Task objective:
Reproduce the data exactly.

Provided records START

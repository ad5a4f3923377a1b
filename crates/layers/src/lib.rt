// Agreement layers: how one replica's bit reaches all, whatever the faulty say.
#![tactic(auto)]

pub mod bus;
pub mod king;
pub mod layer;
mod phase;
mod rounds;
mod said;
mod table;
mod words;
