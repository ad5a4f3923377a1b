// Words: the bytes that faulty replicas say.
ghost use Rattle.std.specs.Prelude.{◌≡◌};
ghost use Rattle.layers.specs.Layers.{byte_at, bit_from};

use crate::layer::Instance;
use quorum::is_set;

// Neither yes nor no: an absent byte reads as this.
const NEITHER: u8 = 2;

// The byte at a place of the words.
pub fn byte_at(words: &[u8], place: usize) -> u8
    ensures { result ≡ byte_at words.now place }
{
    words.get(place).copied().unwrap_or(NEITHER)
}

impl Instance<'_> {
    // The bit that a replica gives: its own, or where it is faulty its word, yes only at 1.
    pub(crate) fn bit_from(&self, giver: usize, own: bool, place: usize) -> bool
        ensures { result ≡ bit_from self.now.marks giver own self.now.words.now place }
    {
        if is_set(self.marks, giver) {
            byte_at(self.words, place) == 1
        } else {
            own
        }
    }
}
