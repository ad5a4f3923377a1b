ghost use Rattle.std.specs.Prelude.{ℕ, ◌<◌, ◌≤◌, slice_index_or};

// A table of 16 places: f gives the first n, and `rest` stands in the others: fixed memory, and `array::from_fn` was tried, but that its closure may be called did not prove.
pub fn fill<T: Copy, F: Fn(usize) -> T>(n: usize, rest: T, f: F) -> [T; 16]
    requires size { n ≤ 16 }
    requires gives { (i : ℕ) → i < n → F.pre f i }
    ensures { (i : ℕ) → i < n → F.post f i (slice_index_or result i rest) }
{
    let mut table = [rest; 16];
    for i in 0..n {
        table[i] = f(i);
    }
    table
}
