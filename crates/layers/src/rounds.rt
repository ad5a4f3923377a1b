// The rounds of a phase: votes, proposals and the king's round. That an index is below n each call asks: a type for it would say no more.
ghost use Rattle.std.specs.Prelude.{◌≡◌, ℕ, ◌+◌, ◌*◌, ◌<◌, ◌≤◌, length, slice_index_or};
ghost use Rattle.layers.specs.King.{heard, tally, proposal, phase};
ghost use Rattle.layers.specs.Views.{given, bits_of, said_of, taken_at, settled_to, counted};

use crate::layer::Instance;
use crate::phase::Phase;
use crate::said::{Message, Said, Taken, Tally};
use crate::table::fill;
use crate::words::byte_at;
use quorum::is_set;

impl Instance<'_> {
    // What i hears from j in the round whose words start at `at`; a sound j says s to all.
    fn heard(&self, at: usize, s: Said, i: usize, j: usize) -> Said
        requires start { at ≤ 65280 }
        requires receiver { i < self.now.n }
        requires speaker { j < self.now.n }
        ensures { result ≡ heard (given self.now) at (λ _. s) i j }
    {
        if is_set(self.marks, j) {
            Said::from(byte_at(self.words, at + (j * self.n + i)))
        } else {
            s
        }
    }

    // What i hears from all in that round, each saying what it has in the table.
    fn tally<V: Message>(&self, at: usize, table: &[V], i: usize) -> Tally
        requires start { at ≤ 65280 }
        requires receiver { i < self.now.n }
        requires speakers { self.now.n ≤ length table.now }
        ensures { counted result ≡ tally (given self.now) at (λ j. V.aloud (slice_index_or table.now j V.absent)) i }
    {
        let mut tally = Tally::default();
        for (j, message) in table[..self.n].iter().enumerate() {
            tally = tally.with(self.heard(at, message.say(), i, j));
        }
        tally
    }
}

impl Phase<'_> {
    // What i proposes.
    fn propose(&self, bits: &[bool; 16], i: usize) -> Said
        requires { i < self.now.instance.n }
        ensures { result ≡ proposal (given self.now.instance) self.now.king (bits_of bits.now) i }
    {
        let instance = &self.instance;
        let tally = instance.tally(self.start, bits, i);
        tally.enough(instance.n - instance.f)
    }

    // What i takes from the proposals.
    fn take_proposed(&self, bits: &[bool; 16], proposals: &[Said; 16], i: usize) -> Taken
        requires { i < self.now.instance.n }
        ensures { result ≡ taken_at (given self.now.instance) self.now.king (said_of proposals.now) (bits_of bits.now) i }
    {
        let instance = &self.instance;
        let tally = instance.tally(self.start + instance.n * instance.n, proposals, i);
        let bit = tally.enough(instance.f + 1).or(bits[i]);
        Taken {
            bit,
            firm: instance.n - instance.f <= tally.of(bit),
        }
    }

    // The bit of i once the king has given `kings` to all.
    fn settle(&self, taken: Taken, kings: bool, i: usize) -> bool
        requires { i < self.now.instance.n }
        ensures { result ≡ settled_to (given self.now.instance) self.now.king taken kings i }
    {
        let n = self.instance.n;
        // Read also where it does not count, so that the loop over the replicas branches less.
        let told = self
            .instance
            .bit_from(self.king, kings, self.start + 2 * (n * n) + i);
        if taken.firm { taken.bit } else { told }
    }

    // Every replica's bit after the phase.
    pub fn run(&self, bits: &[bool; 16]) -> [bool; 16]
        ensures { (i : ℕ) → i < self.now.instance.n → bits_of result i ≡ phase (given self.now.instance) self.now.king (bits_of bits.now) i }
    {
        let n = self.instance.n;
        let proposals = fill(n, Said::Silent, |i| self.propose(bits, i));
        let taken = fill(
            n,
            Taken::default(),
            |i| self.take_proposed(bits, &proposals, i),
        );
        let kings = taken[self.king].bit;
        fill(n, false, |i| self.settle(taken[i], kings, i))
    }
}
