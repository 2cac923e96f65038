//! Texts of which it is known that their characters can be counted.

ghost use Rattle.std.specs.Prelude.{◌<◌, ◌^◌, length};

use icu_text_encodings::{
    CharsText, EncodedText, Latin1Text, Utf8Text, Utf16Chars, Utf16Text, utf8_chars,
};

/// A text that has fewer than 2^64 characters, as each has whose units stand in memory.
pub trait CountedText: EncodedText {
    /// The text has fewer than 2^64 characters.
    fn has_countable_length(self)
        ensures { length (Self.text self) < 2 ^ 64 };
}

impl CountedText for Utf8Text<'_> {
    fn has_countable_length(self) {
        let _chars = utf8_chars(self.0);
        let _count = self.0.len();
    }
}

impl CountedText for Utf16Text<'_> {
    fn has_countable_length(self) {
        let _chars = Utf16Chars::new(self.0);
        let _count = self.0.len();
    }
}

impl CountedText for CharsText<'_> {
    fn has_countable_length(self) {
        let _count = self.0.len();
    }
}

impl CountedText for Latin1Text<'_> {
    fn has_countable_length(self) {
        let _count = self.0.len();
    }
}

Provided records END

Your response:
repository ad5a4f3923377a1b
filename crates/layers/src/lib.rt
// Agreement layers: how one replica's bit reaches all, whatever the faulty say.
#![tactic(auto)]

pub mod bus;
pub mod king;
pub mod layer;
mod phase;
mod rounds;
mod said;
mod table;
mod words;
repository ad5a4f3923377a1b
// Words: the bytes that faulty replicas say.
ghost use Rattle.std.specs.Prelude.{◌≡◌};
ghost use Rattle.layers.specs.Layers.{byte_at, bit_from};

use crate::layer::Instance;
use quorum::is_set;

// Neither yes nor no: an absent byte reads as this.
const NEITHER: u8 = 2;

// The byte at a place of the words.
pub fn byte_at(words: &[u8], place: usize) -> u8
    ensures { result ≡ byte_at words.now place }
{
    words.get(place).copied().unwrap_or(NEITHER)
}

impl Instance<'_> {
    // The bit that a replica gives: its own, or where it is faulty its word, yes only at 1.
    pub(crate) fn bit_from(&self, giver: usize, own: bool, place: usize) -> bool
        ensures { result ≡ bit_from self.now.marks giver own self.now.words.now place }
    {
        if is_set(self.marks, giver) {
            byte_at(self.words, place) == 1
        } else {
            own
        }
    }
}
repository ad5a4f3923377a1b
ghost use Rattle.std.specs.Prelude.{ℕ, ◌<◌, ◌≤◌, slice_index_or};

// A table of 16 places: f gives the first n, and `rest` stands in the others: fixed memory, and `array::from_fn` was tried, but that its closure may be called did not prove.
pub fn fill<T: Copy, F: Fn(usize) -> T>(n: usize, rest: T, f: F) -> [T; 16]
    requires size { n ≤ 16 }
    requires gives { (i : ℕ) → i < n → F.pre f i }
    ensures { (i : ℕ) → i < n → F.post f i (slice_index_or result i rest) }
{
    let mut table = [rest; 16];
    for i in 0..n {
        table[i] = f(i);
    }
    table
}
filename crates/layers/src/rounds.rt
repository ad5a4f3923377a1b
// The rounds of a phase: votes, proposals and the king's round. That an index is below n each call asks: a type for it would say no more.
ghost use Rattle.std.specs.Prelude.{◌≡◌, ℕ, ◌+◌, ◌*◌, ◌<◌, ◌≤◌, length, slice_index_or};
ghost use Rattle.layers.specs.King.{heard, tally, proposal, phase};
ghost use Rattle.layers.specs.Views.{given, bits_of, said_of, taken_at, settled_to, counted};

use crate::layer::Instance;
use crate::phase::Phase;
use crate::said::{Message, Said, Taken, Tally};
use crate::table::fill;
use crate::words::byte_at;
use quorum::is_set;

impl Instance<'_> {
    // What i hears from j in the round whose words start at `at`; a sound j says s to all.
    fn heard(&self, at: usize, s: Said, i: usize, j: usize) -> Said
        requires start { at ≤ 65280 }
        requires receiver { i < self.now.n }
        requires speaker { j < self.now.n }
        ensures { result ≡ heard (given self.now) at (λ _. s) i j }
    {
        if is_set(self.marks, j) {
            Said::from(byte_at(self.words, at + (j * self.n + i)))
        } else {
            s
        }
    }

    // What i hears from all in that round, each saying what it has in the table.
    fn tally<V: Message>(&self, at: usize, table: &[V], i: usize) -> Tally
        requires start { at ≤ 65280 }
        requires receiver { i < self.now.n }
        requires speakers { self.now.n ≤ length table.now }
        ensures { counted result ≡ tally (given self.now) at (λ j. V.aloud (slice_index_or table.now j V.absent)) i }
    {
        let mut tally = Tally::default();
        for (j, message) in table[..self.n].iter().enumerate() {
            tally = tally.with(self.heard(at, message.say(), i, j));
        }
        tally
    }
}

impl Phase<'_> {
    // What i proposes.
    fn propose(&self, bits: &[bool; 16], i: usize) -> Said
        requires { i < self.now.instance.n }
        ensures { result ≡ proposal (given self.now.instance) self.now.king (bits_of bits.now) i }
    {
        let instance = &self.instance;
        let tally = instance.tally(self.start, bits, i);
        tally.enough(instance.n - instance.f)
    }

    // What i takes from the proposals.
    fn take_proposed(&self, bits: &[bool; 16], proposals: &[Said; 16], i: usize) -> Taken
        requires { i < self.now.instance.n }
        ensures { result ≡ taken_at (given self.now.instance) self.now.king (said_of proposals.now) (bits_of bits.now) i }
    {
        let instance = &self.instance;
        let tally = instance.tally(self.start + instance.n * instance.n, proposals, i);
        let bit = tally.enough(instance.f + 1).or(bits[i]);
        Taken {
            bit,
            firm: instance.n - instance.f <= tally.of(bit),
        }
    }

    // The bit of i once the king has given `kings` to all.
    fn settle(&self, taken: Taken, kings: bool, i: usize) -> bool
        requires { i < self.now.instance.n }
        ensures { result ≡ settled_to (given self.now.instance) self.now.king taken kings i }
    {
        let n = self.instance.n;
        // Read also where it does not count, so that the loop over the replicas branches less.
        let told = self
            .instance
            .bit_from(self.king, kings, self.start + 2 * (n * n) + i);
        if taken.firm { taken.bit } else { told }
    }

    // Every replica's bit after the phase.
    pub fn run(&self, bits: &[bool; 16]) -> [bool; 16]
        ensures { (i : ℕ) → i < self.now.instance.n → bits_of result i ≡ phase (given self.now.instance) self.now.king (bits_of bits.now) i }
    {
        let n = self.instance.n;
        let proposals = fill(n, Said::Silent, |i| self.propose(bits, i));
        let taken = fill(
            n,
            Taken::default(),
            |i| self.take_proposed(bits, &proposals, i),
        );
        let kings = taken[self.king].bit;
        fill(n, false, |i| self.settle(taken[i], kings, i))
    }
}
repository 2cac923e96f65038
//! Texts of which it is known that their characters can be counted.

ghost use Rattle.std.specs.Prelude.{◌<◌, ◌^◌, length};

use icu_text_encodings::{
    CharsText, EncodedText, Latin1Text, Utf8Text, Utf16Chars, Utf16Text, utf8_chars,
};

/// A text that has fewer than 2^64 characters, as each has whose units stand in memory.
pub trait CountedText: EncodedText {
    /// The text has fewer than 2^64 characters.
    fn has_countable_length(self)
        ensures { length (Self.text self) < 2 ^ 64 };
}

impl CountedText for Utf8Text<'_> {
    fn has_countable_length(self) {
        let _chars = utf8_chars(self.0);
        let _count = self.0.len();
    }
}

impl CountedText for Utf16Text<'_> {
    fn has_countable_length(self) {
        let _chars = Utf16Chars::new(self.0);
        let _count = self.0.len();
    }
}

impl CountedText for CharsText<'_> {
    fn has_countable_length(self) {
        let _count = self.0.len();
    }
}

impl CountedText for Latin1Text<'_> {
    fn has_countable_length(self) {
        let _count = self.0.len();
    }
}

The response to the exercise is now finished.